## Work item
All of the entries below are to be copied word for word.

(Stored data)
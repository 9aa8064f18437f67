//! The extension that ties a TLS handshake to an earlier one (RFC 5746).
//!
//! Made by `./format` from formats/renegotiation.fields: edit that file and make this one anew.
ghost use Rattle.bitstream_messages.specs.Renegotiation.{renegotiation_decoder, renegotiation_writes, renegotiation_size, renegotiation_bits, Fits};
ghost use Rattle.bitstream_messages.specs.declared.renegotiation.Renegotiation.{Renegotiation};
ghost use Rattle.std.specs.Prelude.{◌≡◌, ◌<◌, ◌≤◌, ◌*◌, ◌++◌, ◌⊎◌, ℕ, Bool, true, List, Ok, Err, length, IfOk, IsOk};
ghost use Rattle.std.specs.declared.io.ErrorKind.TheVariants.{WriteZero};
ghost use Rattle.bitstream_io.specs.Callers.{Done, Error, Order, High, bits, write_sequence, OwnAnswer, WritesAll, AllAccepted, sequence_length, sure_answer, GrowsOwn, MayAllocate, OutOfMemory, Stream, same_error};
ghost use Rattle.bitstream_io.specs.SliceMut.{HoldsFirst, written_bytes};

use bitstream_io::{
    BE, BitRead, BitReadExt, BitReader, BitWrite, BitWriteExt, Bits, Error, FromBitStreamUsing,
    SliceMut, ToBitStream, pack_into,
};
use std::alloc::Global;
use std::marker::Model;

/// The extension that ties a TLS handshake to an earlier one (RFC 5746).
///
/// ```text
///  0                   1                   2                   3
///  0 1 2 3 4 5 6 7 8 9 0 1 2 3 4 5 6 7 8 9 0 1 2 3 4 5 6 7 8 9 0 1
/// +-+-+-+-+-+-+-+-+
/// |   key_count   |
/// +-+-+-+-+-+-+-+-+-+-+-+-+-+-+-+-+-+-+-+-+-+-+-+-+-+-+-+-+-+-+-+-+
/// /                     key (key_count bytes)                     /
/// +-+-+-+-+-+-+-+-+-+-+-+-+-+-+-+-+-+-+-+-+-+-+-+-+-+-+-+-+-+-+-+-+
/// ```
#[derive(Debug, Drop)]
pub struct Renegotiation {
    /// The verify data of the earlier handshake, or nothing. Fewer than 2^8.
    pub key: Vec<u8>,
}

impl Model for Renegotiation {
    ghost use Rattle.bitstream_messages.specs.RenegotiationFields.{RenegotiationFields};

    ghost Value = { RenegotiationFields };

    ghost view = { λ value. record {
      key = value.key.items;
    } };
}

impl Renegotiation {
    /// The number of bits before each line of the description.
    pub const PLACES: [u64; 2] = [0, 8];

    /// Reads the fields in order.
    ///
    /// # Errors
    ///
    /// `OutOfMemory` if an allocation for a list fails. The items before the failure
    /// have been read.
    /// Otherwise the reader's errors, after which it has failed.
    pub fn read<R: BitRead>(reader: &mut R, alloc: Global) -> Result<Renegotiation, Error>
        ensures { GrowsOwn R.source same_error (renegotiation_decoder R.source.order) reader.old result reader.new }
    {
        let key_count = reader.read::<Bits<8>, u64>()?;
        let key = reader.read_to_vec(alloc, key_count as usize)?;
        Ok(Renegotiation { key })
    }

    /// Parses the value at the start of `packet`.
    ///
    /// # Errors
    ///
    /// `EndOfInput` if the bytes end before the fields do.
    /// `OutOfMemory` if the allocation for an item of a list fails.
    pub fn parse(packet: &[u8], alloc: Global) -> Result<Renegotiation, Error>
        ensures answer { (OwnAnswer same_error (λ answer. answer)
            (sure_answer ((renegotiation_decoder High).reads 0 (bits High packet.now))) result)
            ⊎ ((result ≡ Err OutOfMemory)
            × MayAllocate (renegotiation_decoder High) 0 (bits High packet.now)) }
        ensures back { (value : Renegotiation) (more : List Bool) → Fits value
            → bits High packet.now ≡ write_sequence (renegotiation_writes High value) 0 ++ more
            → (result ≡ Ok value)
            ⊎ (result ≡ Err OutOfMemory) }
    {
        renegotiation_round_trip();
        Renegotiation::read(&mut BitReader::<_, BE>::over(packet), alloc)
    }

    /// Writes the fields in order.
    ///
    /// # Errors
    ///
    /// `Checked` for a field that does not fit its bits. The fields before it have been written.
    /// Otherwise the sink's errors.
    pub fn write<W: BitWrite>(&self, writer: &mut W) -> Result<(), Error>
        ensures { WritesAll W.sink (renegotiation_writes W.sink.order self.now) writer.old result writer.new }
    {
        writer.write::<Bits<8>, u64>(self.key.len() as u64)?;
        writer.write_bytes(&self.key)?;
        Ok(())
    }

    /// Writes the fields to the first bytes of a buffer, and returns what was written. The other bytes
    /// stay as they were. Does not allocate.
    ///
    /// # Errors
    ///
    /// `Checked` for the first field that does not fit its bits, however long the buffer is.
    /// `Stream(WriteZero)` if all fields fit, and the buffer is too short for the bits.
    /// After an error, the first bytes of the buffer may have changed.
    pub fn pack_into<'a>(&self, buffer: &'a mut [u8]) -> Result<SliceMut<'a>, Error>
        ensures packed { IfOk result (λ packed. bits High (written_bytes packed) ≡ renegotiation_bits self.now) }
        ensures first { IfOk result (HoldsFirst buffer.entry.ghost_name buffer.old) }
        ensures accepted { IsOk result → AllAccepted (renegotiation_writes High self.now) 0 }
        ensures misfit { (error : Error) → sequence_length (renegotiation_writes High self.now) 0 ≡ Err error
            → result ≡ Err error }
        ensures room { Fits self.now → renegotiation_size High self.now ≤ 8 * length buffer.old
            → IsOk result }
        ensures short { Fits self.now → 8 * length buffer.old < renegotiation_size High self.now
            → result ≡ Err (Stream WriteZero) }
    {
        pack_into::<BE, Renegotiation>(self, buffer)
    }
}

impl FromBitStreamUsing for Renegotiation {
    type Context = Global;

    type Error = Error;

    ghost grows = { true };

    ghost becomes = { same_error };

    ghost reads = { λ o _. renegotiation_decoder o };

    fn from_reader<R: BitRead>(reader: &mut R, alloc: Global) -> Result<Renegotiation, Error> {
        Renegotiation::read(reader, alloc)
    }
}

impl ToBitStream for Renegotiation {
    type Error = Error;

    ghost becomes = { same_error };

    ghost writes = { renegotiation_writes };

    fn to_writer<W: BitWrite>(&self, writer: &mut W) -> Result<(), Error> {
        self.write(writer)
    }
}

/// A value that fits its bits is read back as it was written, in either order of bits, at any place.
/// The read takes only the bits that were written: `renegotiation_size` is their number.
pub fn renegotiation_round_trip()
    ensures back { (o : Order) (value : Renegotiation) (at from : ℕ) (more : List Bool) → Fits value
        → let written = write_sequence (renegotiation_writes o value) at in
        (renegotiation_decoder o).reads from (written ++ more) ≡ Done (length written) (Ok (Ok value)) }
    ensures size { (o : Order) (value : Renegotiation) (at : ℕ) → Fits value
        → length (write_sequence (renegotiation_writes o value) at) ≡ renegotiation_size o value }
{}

## Exercise result
repository 9aa8064f18437f67
//! The extension that ties a TLS handshake to an earlier one (RFC 5746).
//!
//! Made by `./format` from formats/renegotiation.fields: edit that file and make this one anew.
ghost use Rattle.bitstream_messages.specs.Renegotiation.{renegotiation_decoder, renegotiation_writes, renegotiation_size, renegotiation_bits, Fits};
ghost use Rattle.bitstream_messages.specs.declared.renegotiation.Renegotiation.{Renegotiation};
ghost use Rattle.std.specs.Prelude.{◌≡◌, ◌<◌, ◌≤◌, ◌*◌, ◌++◌, ◌⊎◌, ℕ, Bool, true, List, Ok, Err, length, IfOk, IsOk};
ghost use Rattle.std.specs.declared.io.ErrorKind.TheVariants.{WriteZero};
ghost use Rattle.bitstream_io.specs.Callers.{Done, Error, Order, High, bits, write_sequence, OwnAnswer, WritesAll, AllAccepted, sequence_length, sure_answer, GrowsOwn, MayAllocate, OutOfMemory, Stream, same_error};
ghost use Rattle.bitstream_io.specs.SliceMut.{HoldsFirst, written_bytes};

use bitstream_io::{
    BE, BitRead, BitReadExt, BitReader, BitWrite, BitWriteExt, Bits, Error, FromBitStreamUsing,
    SliceMut, ToBitStream, pack_into,
};
use std::alloc::Global;
use std::marker::Model;

/// The extension that ties a TLS handshake to an earlier one (RFC 5746).
///
/// ```text
///  0                   1                   2                   3
///  0 1 2 3 4 5 6 7 8 9 0 1 2 3 4 5 6 7 8 9 0 1 2 3 4 5 6 7 8 9 0 1
/// +-+-+-+-+-+-+-+-+
/// |   key_count   |
/// +-+-+-+-+-+-+-+-+-+-+-+-+-+-+-+-+-+-+-+-+-+-+-+-+-+-+-+-+-+-+-+-+
/// /                     key (key_count bytes)                     /
/// +-+-+-+-+-+-+-+-+-+-+-+-+-+-+-+-+-+-+-+-+-+-+-+-+-+-+-+-+-+-+-+-+
/// ```
#[derive(Debug, Drop)]
pub struct Renegotiation {
    /// The verify data of the earlier handshake, or nothing. Fewer than 2^8.
    pub key: Vec<u8>,
}

impl Model for Renegotiation {
    ghost use Rattle.bitstream_messages.specs.RenegotiationFields.{RenegotiationFields};

    ghost Value = { RenegotiationFields };

    ghost view = { λ value. record {
      key = value.key.items;
    } };
}

impl Renegotiation {
    /// The number of bits before each line of the description.
    pub const PLACES: [u64; 2] = [0, 8];

    /// Reads the fields in order.
    ///
    /// # Errors
    ///
    /// `OutOfMemory` if an allocation for a list fails. The items before the failure
    /// have been read.
    /// Otherwise the reader's errors, after which it has failed.
    pub fn read<R: BitRead>(reader: &mut R, alloc: Global) -> Result<Renegotiation, Error>
        ensures { GrowsOwn R.source same_error (renegotiation_decoder R.source.order) reader.old result reader.new }
    {
        let key_count = reader.read::<Bits<8>, u64>()?;
        let key = reader.read_to_vec(alloc, key_count as usize)?;
        Ok(Renegotiation { key })
    }

    /// Parses the value at the start of `packet`.
    ///
    /// # Errors
    ///
    /// `EndOfInput` if the bytes end before the fields do.
    /// `OutOfMemory` if the allocation for an item of a list fails.
    pub fn parse(packet: &[u8], alloc: Global) -> Result<Renegotiation, Error>
        ensures answer { (OwnAnswer same_error (λ answer. answer)
            (sure_answer ((renegotiation_decoder High).reads 0 (bits High packet.now))) result)
            ⊎ ((result ≡ Err OutOfMemory)
            × MayAllocate (renegotiation_decoder High) 0 (bits High packet.now)) }
        ensures back { (value : Renegotiation) (more : List Bool) → Fits value
            → bits High packet.now ≡ write_sequence (renegotiation_writes High value) 0 ++ more
            → (result ≡ Ok value)
            ⊎ (result ≡ Err OutOfMemory) }
    {
        renegotiation_round_trip();
        Renegotiation::read(&mut BitReader::<_, BE>::over(packet), alloc)
    }

    /// Writes the fields in order.
    ///
    /// # Errors
    ///
    /// `Checked` for a field that does not fit its bits. The fields before it have been written.
    /// Otherwise the sink's errors.
    pub fn write<W: BitWrite>(&self, writer: &mut W) -> Result<(), Error>
        ensures { WritesAll W.sink (renegotiation_writes W.sink.order self.now) writer.old result writer.new }
    {
        writer.write::<Bits<8>, u64>(self.key.len() as u64)?;
        writer.write_bytes(&self.key)?;
        Ok(())
    }

    /// Writes the fields to the first bytes of a buffer, and returns what was written. The other bytes
    /// stay as they were. Does not allocate.
    ///
    /// # Errors
    ///
    /// `Checked` for the first field that does not fit its bits, however long the buffer is.
    /// `Stream(WriteZero)` if all fields fit, and the buffer is too short for the bits.
    /// After an error, the first bytes of the buffer may have changed.
    pub fn pack_into<'a>(&self, buffer: &'a mut [u8]) -> Result<SliceMut<'a>, Error>
        ensures packed { IfOk result (λ packed. bits High (written_bytes packed) ≡ renegotiation_bits self.now) }
        ensures first { IfOk result (HoldsFirst buffer.entry.ghost_name buffer.old) }
        ensures accepted { IsOk result → AllAccepted (renegotiation_writes High self.now) 0 }
        ensures misfit { (error : Error) → sequence_length (renegotiation_writes High self.now) 0 ≡ Err error
            → result ≡ Err error }
        ensures room { Fits self.now → renegotiation_size High self.now ≤ 8 * length buffer.old
            → IsOk result }
        ensures short { Fits self.now → 8 * length buffer.old < renegotiation_size High self.now
            → result ≡ Err (Stream WriteZero) }
    {
        pack_into::<BE, Renegotiation>(self, buffer)
    }
}

impl FromBitStreamUsing for Renegotiation {
    type Context = Global;

    type Error = Error;

    ghost grows = { true };

    ghost becomes = { same_error };

    ghost reads = { λ o _. renegotiation_decoder o };

    fn from_reader<R: BitRead>(reader: &mut R, alloc: Global) -> Result<Renegotiation, Error> {
        Renegotiation::read(reader, alloc)
    }
}

impl ToBitStream for Renegotiation {
    type Error = Error;

    ghost becomes = { same_error };

    ghost writes = { renegotiation_writes };

    fn to_writer<W: BitWrite>(&self, writer: &mut W) -> Result<(), Error> {
        self.write(writer)
    }
}

/// A value that fits its bits is read back as it was written, in either order of bits, at any place.
/// The read takes only the bits that were written: `renegotiation_size` is their number.
pub fn renegotiation_round_trip()
    ensures back { (o : Order) (value : Renegotiation) (at from : ℕ) (more : List Bool) → Fits value
        → let written = write_sequence (renegotiation_writes o value) at in
        (renegotiation_decoder o).reads from (written ++ more) ≡ Done (length written) (Ok (Ok value)) }
    ensures size { (o : Order) (value : Renegotiation) (at : ℕ) → Fits value
        → length (write_sequence (renegotiation_writes o value) at) ≡ renegotiation_size o value }
{}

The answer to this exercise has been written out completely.